● **Input material**:
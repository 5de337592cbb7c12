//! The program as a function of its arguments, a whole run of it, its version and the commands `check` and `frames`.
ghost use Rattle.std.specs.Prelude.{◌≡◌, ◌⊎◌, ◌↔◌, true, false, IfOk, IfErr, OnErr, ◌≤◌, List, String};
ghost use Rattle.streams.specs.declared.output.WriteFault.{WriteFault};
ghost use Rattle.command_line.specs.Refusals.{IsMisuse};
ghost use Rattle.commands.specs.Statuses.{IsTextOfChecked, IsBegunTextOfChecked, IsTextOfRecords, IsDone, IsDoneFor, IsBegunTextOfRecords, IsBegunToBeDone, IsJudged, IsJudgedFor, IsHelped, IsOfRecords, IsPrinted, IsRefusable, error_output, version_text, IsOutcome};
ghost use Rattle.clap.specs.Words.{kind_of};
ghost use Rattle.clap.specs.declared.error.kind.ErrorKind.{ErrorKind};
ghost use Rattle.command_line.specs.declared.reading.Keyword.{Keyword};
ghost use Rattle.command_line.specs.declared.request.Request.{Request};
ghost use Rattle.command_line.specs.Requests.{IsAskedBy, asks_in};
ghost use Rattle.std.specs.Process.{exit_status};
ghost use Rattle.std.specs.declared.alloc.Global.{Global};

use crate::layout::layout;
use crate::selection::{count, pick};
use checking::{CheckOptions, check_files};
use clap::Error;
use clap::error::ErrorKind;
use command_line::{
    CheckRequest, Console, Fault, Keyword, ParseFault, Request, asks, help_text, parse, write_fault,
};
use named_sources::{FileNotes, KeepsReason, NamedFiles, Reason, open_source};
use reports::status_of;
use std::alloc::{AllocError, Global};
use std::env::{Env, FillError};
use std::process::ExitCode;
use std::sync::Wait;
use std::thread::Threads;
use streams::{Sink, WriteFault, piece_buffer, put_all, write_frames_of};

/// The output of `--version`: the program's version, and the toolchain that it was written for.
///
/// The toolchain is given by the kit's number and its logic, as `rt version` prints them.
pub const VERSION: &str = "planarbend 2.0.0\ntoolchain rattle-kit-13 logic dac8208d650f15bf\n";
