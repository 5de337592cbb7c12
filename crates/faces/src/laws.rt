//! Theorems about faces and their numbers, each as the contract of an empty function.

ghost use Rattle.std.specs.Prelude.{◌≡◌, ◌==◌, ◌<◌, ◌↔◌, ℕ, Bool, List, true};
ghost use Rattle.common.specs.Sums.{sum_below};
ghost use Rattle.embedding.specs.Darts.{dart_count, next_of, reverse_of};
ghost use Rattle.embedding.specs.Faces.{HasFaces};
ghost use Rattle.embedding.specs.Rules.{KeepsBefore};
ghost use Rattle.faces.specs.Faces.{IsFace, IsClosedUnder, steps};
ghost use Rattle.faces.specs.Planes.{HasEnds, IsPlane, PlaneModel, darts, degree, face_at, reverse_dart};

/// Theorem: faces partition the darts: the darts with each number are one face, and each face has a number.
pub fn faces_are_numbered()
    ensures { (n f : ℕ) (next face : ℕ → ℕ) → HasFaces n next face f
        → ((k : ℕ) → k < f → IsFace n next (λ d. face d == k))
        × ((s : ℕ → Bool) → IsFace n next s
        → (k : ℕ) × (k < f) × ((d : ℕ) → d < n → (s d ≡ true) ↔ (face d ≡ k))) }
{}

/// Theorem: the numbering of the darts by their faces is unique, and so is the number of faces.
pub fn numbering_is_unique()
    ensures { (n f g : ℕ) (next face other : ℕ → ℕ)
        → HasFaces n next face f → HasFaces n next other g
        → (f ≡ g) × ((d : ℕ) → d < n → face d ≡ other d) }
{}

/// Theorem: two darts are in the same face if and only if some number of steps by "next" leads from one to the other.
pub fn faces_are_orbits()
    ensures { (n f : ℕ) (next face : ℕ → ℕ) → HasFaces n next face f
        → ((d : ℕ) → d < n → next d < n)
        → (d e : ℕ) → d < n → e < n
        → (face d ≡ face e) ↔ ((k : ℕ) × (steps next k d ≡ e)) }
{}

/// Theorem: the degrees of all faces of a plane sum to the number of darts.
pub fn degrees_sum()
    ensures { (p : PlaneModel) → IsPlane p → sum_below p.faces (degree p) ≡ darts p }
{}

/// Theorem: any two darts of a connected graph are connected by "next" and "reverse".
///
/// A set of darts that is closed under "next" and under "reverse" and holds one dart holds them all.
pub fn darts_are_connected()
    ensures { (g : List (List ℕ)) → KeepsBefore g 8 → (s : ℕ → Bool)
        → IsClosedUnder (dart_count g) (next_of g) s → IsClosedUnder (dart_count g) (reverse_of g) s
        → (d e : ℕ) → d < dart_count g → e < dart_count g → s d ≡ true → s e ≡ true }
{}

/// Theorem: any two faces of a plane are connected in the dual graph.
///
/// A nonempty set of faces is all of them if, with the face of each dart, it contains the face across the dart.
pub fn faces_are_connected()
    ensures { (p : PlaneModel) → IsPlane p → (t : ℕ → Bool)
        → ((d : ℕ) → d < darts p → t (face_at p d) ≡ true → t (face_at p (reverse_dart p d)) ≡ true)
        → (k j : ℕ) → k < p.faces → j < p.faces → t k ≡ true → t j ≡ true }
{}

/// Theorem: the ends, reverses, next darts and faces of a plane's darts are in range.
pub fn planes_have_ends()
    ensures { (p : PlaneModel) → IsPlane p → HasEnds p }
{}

--

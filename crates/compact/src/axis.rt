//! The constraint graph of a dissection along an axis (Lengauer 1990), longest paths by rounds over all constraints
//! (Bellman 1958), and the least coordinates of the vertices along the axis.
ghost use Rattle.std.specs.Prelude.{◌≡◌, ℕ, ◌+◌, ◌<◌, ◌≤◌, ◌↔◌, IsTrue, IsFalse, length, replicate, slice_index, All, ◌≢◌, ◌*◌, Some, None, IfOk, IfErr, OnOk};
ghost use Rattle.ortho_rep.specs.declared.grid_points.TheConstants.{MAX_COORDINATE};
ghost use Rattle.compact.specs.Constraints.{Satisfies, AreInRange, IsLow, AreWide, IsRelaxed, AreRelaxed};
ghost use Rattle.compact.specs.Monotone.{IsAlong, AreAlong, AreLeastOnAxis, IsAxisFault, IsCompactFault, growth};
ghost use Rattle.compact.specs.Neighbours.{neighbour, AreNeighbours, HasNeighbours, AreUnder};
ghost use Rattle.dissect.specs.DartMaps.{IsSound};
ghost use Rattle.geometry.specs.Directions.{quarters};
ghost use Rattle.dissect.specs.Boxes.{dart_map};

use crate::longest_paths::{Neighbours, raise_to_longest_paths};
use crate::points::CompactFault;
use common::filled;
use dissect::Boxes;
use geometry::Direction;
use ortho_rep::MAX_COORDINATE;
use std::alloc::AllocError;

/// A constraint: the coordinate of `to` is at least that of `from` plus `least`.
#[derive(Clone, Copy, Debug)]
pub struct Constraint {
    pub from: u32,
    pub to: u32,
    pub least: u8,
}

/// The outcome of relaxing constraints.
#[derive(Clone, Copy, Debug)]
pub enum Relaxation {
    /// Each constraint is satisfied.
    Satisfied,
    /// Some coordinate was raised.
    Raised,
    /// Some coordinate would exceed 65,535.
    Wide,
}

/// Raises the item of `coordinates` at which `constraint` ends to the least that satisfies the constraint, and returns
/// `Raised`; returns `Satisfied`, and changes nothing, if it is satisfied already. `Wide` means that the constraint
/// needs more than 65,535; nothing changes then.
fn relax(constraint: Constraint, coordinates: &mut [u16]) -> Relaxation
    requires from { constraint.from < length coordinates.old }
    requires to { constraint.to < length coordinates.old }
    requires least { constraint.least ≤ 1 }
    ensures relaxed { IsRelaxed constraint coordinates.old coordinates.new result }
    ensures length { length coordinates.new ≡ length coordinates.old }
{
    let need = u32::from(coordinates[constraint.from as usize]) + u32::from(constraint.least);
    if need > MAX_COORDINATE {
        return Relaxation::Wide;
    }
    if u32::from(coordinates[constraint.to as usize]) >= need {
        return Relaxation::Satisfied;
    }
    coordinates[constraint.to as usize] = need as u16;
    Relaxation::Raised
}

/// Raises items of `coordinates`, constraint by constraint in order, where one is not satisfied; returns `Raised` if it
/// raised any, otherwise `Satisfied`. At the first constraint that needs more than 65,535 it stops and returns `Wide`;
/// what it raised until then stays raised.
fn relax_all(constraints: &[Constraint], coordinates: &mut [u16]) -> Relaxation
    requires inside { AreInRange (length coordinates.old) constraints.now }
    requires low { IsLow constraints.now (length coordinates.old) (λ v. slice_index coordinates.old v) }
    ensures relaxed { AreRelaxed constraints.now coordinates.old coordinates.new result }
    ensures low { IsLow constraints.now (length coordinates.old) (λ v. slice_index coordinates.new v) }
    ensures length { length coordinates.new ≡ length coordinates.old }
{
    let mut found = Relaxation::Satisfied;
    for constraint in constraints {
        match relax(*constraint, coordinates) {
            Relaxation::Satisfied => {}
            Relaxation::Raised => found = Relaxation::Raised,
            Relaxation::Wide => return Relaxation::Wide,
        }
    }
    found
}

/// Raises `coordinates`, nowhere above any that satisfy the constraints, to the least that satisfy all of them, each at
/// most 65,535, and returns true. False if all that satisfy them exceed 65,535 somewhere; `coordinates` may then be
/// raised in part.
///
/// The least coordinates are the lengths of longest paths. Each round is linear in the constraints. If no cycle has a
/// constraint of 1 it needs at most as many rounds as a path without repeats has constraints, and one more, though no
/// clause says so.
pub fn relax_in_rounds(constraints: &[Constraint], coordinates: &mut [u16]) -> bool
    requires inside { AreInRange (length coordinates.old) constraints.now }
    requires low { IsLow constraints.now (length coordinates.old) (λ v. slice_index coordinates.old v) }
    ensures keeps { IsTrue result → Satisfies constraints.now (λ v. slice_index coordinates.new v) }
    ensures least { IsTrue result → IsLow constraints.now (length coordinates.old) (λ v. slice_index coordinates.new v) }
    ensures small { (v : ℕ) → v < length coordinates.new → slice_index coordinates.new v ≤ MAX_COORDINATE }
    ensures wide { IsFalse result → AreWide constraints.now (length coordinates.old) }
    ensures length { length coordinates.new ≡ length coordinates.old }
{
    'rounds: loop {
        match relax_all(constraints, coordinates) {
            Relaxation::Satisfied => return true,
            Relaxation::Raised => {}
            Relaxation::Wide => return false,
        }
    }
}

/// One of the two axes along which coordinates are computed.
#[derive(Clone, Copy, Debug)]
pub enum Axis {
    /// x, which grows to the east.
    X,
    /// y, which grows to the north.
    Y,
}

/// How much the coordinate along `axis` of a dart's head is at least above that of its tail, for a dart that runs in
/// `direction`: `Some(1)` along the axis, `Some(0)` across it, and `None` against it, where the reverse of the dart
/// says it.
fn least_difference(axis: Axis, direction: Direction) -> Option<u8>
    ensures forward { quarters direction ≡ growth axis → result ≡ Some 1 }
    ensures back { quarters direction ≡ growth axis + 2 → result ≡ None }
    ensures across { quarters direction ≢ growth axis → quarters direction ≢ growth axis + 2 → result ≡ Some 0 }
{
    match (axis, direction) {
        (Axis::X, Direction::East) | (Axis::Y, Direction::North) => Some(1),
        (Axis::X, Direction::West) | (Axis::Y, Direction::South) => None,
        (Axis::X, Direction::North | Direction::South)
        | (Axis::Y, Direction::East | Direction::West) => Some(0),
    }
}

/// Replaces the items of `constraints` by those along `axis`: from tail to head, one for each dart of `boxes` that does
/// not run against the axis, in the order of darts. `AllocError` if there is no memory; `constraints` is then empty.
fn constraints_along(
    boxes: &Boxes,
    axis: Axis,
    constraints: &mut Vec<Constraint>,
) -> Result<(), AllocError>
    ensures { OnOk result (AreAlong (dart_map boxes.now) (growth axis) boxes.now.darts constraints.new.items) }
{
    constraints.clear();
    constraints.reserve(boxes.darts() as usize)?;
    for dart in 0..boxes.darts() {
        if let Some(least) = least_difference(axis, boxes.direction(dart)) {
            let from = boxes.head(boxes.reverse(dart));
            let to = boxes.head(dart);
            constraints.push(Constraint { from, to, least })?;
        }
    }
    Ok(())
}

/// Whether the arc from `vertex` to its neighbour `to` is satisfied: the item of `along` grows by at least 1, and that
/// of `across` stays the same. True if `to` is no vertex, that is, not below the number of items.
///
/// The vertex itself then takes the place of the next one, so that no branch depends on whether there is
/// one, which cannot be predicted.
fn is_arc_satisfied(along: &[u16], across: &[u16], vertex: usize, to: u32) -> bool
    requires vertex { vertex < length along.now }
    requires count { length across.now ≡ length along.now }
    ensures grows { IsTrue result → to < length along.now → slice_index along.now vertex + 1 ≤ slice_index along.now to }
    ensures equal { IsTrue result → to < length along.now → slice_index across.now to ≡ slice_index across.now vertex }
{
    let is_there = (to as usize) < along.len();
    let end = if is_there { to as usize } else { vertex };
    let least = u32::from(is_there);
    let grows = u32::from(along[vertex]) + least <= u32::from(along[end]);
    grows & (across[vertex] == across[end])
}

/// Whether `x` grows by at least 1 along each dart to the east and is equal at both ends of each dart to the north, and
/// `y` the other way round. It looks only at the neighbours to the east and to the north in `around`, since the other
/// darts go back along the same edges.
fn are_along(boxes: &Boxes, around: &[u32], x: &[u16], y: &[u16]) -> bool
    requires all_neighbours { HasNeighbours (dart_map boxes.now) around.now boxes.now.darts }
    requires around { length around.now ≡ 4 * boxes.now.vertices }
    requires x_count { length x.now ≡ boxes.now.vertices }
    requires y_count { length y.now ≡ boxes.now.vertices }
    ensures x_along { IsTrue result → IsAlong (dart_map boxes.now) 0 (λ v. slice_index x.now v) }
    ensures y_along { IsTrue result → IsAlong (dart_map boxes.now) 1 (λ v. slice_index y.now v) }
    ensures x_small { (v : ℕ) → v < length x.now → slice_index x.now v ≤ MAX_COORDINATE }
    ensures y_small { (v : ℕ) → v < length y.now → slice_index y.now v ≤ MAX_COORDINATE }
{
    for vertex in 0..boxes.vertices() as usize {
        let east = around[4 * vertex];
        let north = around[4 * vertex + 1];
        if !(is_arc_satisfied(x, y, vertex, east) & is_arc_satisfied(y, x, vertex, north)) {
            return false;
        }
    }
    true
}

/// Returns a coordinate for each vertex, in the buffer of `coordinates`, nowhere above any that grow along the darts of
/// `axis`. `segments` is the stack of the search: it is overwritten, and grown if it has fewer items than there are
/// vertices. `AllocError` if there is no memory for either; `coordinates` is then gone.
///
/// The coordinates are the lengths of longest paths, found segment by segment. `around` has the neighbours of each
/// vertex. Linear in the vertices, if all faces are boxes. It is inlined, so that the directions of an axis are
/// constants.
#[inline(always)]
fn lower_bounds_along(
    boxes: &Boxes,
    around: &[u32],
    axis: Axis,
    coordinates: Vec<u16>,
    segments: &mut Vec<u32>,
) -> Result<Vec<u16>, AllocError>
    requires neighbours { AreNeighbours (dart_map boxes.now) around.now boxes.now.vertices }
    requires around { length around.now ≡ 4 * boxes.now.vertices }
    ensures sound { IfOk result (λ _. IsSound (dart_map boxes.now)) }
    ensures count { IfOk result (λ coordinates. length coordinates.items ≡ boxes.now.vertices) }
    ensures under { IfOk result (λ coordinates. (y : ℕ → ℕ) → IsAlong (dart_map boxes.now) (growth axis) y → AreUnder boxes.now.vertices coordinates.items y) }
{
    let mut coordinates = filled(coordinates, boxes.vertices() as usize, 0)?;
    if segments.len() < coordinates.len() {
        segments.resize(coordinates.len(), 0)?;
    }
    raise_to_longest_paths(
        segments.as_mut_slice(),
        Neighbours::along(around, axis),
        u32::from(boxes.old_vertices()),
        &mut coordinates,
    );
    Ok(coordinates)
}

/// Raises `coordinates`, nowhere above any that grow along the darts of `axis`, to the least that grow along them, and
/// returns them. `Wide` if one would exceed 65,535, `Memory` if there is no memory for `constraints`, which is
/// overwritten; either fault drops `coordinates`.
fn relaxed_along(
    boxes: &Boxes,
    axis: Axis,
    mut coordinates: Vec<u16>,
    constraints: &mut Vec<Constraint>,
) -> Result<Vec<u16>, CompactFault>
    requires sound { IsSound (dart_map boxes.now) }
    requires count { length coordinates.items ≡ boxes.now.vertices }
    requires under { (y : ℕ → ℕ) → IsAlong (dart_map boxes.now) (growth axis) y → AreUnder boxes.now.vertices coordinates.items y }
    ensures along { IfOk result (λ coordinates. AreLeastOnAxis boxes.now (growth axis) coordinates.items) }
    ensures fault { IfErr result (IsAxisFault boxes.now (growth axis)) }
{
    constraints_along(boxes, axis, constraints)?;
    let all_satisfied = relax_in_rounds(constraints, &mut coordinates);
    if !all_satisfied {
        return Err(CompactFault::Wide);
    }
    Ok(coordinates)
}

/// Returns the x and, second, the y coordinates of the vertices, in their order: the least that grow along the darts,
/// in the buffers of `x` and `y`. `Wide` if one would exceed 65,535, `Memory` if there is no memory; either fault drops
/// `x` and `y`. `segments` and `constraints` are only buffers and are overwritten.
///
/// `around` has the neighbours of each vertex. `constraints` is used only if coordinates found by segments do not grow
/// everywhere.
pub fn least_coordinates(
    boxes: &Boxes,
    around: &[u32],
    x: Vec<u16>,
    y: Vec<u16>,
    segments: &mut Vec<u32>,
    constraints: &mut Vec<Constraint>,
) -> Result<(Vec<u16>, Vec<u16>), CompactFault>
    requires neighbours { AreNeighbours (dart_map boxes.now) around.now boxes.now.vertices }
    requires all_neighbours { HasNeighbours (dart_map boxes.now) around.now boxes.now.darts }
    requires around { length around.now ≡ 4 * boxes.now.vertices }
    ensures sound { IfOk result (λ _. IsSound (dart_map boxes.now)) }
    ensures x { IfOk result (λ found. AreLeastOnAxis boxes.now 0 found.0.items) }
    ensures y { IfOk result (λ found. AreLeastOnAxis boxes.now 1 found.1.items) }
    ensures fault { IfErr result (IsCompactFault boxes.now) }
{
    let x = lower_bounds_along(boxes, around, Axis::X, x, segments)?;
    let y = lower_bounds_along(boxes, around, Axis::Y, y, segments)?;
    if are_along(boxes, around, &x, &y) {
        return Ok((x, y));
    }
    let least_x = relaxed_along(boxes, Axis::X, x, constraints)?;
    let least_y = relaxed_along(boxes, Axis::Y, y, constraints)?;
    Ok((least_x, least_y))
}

==

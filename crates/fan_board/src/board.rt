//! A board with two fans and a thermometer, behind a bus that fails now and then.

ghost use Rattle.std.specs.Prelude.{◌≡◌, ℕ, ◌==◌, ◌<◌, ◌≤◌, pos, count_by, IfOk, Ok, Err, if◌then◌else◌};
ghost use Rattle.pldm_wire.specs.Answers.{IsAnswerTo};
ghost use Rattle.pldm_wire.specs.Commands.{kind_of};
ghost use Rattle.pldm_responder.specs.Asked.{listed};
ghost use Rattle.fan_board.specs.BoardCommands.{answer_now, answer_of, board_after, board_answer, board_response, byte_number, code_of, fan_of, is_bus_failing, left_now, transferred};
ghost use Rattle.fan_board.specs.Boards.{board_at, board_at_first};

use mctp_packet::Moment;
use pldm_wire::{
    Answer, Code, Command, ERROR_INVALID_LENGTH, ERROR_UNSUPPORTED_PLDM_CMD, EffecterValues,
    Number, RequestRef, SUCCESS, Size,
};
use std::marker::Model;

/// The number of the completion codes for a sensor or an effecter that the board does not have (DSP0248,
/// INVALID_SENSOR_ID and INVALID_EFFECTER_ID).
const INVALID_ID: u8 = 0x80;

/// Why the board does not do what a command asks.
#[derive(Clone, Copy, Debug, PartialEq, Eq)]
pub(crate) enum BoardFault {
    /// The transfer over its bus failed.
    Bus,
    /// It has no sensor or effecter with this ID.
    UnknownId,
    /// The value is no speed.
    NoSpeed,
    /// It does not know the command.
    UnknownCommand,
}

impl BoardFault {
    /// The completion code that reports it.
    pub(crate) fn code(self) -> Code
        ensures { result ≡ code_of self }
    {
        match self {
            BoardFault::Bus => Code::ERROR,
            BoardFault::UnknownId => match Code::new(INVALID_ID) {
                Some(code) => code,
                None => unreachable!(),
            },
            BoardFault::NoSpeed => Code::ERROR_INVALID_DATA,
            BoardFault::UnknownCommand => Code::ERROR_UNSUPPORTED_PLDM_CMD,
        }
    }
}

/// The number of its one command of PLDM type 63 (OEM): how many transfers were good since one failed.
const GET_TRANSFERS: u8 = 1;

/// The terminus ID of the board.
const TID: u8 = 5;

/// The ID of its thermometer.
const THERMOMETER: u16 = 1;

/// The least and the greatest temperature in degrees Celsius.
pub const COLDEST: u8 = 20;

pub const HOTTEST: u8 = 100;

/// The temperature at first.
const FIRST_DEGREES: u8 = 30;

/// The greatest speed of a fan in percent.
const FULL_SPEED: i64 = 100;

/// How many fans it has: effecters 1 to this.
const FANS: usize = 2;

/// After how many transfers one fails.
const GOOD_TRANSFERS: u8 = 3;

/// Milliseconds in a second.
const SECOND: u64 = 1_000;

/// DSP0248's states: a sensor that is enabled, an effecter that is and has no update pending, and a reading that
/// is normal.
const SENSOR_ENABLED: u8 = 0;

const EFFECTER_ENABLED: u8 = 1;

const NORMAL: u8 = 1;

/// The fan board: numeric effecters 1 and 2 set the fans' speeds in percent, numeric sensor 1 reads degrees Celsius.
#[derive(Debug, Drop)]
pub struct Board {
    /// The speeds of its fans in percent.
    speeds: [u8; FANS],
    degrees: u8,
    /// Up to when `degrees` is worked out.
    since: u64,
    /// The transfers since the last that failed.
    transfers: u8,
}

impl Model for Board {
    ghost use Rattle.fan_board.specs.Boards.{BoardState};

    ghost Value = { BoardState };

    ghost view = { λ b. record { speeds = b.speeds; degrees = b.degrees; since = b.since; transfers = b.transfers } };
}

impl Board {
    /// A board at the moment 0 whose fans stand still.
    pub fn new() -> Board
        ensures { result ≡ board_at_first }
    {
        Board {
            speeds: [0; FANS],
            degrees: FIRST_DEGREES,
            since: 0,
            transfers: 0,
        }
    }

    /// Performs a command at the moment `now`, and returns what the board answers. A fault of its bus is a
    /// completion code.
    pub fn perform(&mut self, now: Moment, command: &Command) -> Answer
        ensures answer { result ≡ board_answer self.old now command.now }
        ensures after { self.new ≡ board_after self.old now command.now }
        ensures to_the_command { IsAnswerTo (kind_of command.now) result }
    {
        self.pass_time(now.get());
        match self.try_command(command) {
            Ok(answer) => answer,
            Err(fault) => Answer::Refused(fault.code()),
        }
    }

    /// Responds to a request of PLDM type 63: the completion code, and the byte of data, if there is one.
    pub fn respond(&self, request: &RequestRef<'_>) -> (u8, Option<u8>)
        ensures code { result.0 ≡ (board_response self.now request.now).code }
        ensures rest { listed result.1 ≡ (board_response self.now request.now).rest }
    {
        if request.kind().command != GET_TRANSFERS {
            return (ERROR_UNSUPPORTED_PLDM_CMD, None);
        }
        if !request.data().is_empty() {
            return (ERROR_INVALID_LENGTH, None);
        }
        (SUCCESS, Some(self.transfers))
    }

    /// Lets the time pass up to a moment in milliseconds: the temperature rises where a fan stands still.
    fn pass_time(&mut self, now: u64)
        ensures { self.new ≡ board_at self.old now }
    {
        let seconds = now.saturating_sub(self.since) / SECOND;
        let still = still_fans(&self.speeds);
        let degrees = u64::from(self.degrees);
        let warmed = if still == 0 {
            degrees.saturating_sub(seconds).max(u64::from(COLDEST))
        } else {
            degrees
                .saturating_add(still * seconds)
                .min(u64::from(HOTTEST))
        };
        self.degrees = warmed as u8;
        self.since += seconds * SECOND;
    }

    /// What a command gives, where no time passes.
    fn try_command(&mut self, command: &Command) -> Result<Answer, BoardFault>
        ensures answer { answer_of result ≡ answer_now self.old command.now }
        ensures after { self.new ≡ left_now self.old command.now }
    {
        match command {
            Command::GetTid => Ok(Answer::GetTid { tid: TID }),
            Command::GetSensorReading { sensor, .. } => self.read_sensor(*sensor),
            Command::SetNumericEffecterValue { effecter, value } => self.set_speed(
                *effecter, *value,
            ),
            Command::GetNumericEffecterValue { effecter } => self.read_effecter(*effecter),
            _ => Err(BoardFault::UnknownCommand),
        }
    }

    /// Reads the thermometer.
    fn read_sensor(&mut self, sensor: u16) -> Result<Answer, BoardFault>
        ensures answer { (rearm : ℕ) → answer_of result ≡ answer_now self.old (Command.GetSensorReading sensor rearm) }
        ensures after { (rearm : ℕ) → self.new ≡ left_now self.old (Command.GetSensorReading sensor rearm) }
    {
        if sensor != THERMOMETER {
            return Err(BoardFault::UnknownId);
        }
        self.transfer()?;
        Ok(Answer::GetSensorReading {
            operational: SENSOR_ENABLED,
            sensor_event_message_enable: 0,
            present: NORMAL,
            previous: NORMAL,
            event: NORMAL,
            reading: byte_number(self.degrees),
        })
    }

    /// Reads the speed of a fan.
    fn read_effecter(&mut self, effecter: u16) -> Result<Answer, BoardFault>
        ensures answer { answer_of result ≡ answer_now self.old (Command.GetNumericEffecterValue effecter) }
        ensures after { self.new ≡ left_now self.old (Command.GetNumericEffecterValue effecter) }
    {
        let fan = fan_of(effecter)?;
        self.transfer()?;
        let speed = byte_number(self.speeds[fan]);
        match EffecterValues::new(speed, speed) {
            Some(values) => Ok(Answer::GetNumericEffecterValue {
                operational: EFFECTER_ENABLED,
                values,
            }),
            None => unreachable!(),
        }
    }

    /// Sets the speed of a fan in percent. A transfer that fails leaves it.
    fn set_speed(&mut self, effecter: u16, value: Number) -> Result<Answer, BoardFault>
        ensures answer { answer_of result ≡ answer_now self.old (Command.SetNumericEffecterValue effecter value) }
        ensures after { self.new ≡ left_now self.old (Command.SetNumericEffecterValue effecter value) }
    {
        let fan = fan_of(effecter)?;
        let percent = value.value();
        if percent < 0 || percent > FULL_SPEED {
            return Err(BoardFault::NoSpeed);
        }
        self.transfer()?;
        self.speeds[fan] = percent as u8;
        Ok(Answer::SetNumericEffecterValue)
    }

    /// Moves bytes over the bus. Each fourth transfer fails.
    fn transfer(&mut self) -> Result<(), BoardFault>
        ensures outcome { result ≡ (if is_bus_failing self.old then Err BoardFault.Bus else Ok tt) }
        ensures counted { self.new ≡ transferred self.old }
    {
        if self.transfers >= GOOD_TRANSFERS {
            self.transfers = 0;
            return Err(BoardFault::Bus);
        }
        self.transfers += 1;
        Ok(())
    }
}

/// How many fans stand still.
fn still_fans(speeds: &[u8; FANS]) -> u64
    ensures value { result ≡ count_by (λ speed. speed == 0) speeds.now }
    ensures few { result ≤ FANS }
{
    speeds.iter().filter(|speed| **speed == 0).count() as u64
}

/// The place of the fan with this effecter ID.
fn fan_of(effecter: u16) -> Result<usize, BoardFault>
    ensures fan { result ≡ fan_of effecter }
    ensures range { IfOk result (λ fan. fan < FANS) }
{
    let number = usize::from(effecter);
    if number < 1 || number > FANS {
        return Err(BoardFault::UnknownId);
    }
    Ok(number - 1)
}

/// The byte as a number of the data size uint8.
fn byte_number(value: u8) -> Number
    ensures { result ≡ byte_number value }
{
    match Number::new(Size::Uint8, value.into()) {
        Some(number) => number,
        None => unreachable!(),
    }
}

● **Task description**:
Reproducing the whole listing above is not the task. Copy exactly only the lines from the one with "pub enum Relaxation" to the one with "constraint.least ≤ 1", both kept.

● **Result of the exercise**:
pub enum Relaxation {
    /// Each constraint is satisfied.
    Satisfied,
    /// Some coordinate was raised.
    Raised,
    /// Some coordinate would exceed 65,535.
    Wide,
}

/// Raises the item of `coordinates` at which `constraint` ends to the least that satisfies the constraint, and returns
/// `Raised`; returns `Satisfied`, and changes nothing, if it is satisfied already. `Wide` means that the constraint
/// needs more than 65,535; nothing changes then.
fn relax(constraint: Constraint, coordinates: &mut [u16]) -> Relaxation
    requires from { constraint.from < length coordinates.old }
    requires to { constraint.to < length coordinates.old }
    requires least { constraint.least ≤ 1 }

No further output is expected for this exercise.